Before your feet stumble upon the dark mountains
It is difficult to imagine a more perilous situation than that of a man overtaken by darkness among the mountains of the East. The face of the sky has become suddenly blackened with clouds; the serene light of the stars guides his feet no more; the warring elements threaten his immediate destruction; and, without guide to conduct or friend to comfort him, he can do nothing but anticipate ruin. Should he sit down, he may perish under the cold; should he advance, rocks and precipices rise everywhere around; and, to increase his horror, the wild beasts of the forest fill up with their prolonged roar the pauses of the storm. But if he has himself rushed causelessly upon his fate; if, notwithstanding that, toward evening's close, he had been assured, by those who knew them well, that all the prognostics of an immediate storm were gathering in the sky, he gave an incredulous ear to the intimation; if, notwithstanding that there were offered to him the hospitalities of a cheerful dwelling; if he still persisted in his own determination; and if, on finding that his purpose was inflexible, an experienced guide was offered to conduct him, whose services he sullenly rejected; — then, indeed, can we easily understand how the remembrance of these things will occasion only additional agony at every moment when his "feet stumble on the dark mountains," and that, to the other horrors of his perilous state, there will be superadded the bitterest self-reproach for his own infatuation. Yet all this, as the metaphor under consideration suggests to us, is but a faint emblem of the sinner's wretchedness. To him there is a day of grace; but it too, if unimproved, is succeeded by a night of darkness, and thick gloom. If uncovered by that pavilion which God has erected, he must wander as an outcast on the mountains, uncheered by heaven's mercy. Hence the earnest counsel of the prophet, "Give glory to the Lord your God," etc.

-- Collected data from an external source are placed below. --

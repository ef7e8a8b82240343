//! Files of an older version, and how they are carried over.

use crate::journal_calls::{append, mounted};
use crate::short_files::old_file;
use std::alloc::Global;
use std::test::Fail;
use xfs_disk::{Disk, FailDisk, MemDisk};
use xfs_journal::{Journal, MigrateFault, Rec};

// The older file with this byte as its eighth.
fn file_of(alloc: Global, version: u8) -> Result<Vec<u8>, Fail> {
    let mut bytes = old_file(alloc)?;
    *bytes.get_mut(7).ok_or("shorter")? = version;
    Ok(bytes)
}

fn migrate<D: Disk>(journal: &mut Journal<D>) -> Result<(), MigrateFault> {
    journal.migrate()
}

// Which version the file of this one has once it was carried over. None where the journal hasn't its two records.
fn carried(alloc: Global, version: u8) -> Result<Option<u8>, Fail> {
    let mut journal = mounted(alloc, MemDisk::new(alloc, file_of(alloc, version)?))?;
    if journal.records().len() != 2 || migrate(&mut journal).is_err() {
        return Ok(None);
    }
    version_in(alloc, journal.end().bytes())
}

// The version of the older file with any byte as its eighth. None where it is another file.
fn version_in(alloc: Global, found: &[u8]) -> Result<Option<u8>, Fail> {
    let byte = *found.get(7).ok_or("shorter")?;
    let due = file_of(alloc, byte)?;
    Ok((found == due.as_slice()).then_some(byte))
}

// A crash while the byte is written may leave any of them.
#[test]
fn a_file_has_any_version_and_only_a_1_is_carried_over(rt: HostRuntime) -> Result<(), Fail> {
    for version in 0..=255 {
        let due = if version == b'1' { b'2' } else { version };
        assert!(rt; carried(rt.alloc(), version)? == Some(due));
    }
    Ok(())
}

// The records of the file behind a migrate whose call of the disk failed, an append, a cut of the power and a mount.
fn records_after(alloc: Global, failing: u64, pick: u64) -> Result<usize, Fail> {
    let mut journal = behind_failing(alloc, failing)?;
    if append(&mut journal, Rec::Clear).is_err() {
        return Err("the journal takes no record".into());
    }
    count_of(alloc, cut_off(journal, pick))
}

fn cut_off(journal: Journal<FailDisk>, pick: u64) -> MemDisk {
    let disk = journal.end();
    disk.inner().crash(pick)
}

fn count_of(alloc: Global, disk: MemDisk) -> Result<usize, Fail> {
    let journal = mounted(alloc, disk)?;
    Ok(journal.records().len())
}

// A journal whose migrate failed at this call of its disk.
fn behind_failing(alloc: Global, failing: u64) -> Result<Journal<FailDisk>, Fail> {
    let failing = Vec::from_slice(alloc, &[failing])?;
    let disk = MemDisk::new(alloc, old_file(alloc)?);
    let mut journal = mounted(alloc, FailDisk::new(disk, failing))?;
    if !fails_open(&mut journal) {
        return Err("the migrate did not fail, or shut the journal".into());
    }
    Ok(journal)
}

fn fails_open<D: Disk>(journal: &mut Journal<D>) -> bool {
    migrate(journal).is_err() && !journal.shut()
}

#[test]
fn a_journal_goes_on_behind_a_migrate_whose_disk_failed(rt: HostRuntime) -> Result<(), Fail> {
    for failing in 4..=5 {
        for pick in 0..8 {
            assert!(rt;
                records_after(rt.alloc(), failing, pick)? == 3,
                "call {failing}, pick {pick}"
            );
        }
    }
    Ok(())
}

I. The darkness of AFFLICTION.

1. You are now happy, let us suppose, beyond many around you in the world. Your health is unimpaired, and your strength fails not. But where is your security that this state of things shall continue? May not the pestilence that walks in darkness creep silently into your midnight bed? Give now, then, glory to God ere health is taken from you, and you wander on the dark mountains of disease.

2. Or, it may be, your friendships and connections are all blessed of heaven. Now, then, give glory to God; for, sooner than you apprehend, the days of darkness may fall, and your happiness vanish as a dream. Those little ones who now cheer your dwelling may soon go to swell the congregation of the dead; or, worse even than that, some of them, fair as is now their early promise, may fall in temptation's hour into follies, or crimes, which shall make you wish rather that they had never been born.

3. Or, once more, your worldly circumstances are fair and flourishing. You have, if not great wealth, what is better, a competent portion of good things; and, while many cry for bread when there is none to give them, you have enough and to spare. But soon, perhaps, your substance shall be dissolved as snow, and your riches take to themselves wings as eagles. Now, then, "give glory to God," ere your feet stumble on the mountains of destitution.

II. The darkness of INSANITY. Ye whose reason is now sober, whose judgments are now clear, whose understandings are now acute and comprehensive, — are you sure that so they shall continue to the end? Did you never know any instance of a human creature, once as calm and rational as you, hurried as by a whirlwind into the vortex of insanity? Did you never know a case, where neither hereditary transmission, nor constitutional temperament, nor evil habits, could have made way for reason's loss? And where, then, is the security that yours shall not be the lot of those who call truth error, and error truth? That would be darkness indeed, yea, gross darkness, and the very shadow of death. Is it not wise, then, now to give glory to God, lest haply your feet should stumble on that dark mountain?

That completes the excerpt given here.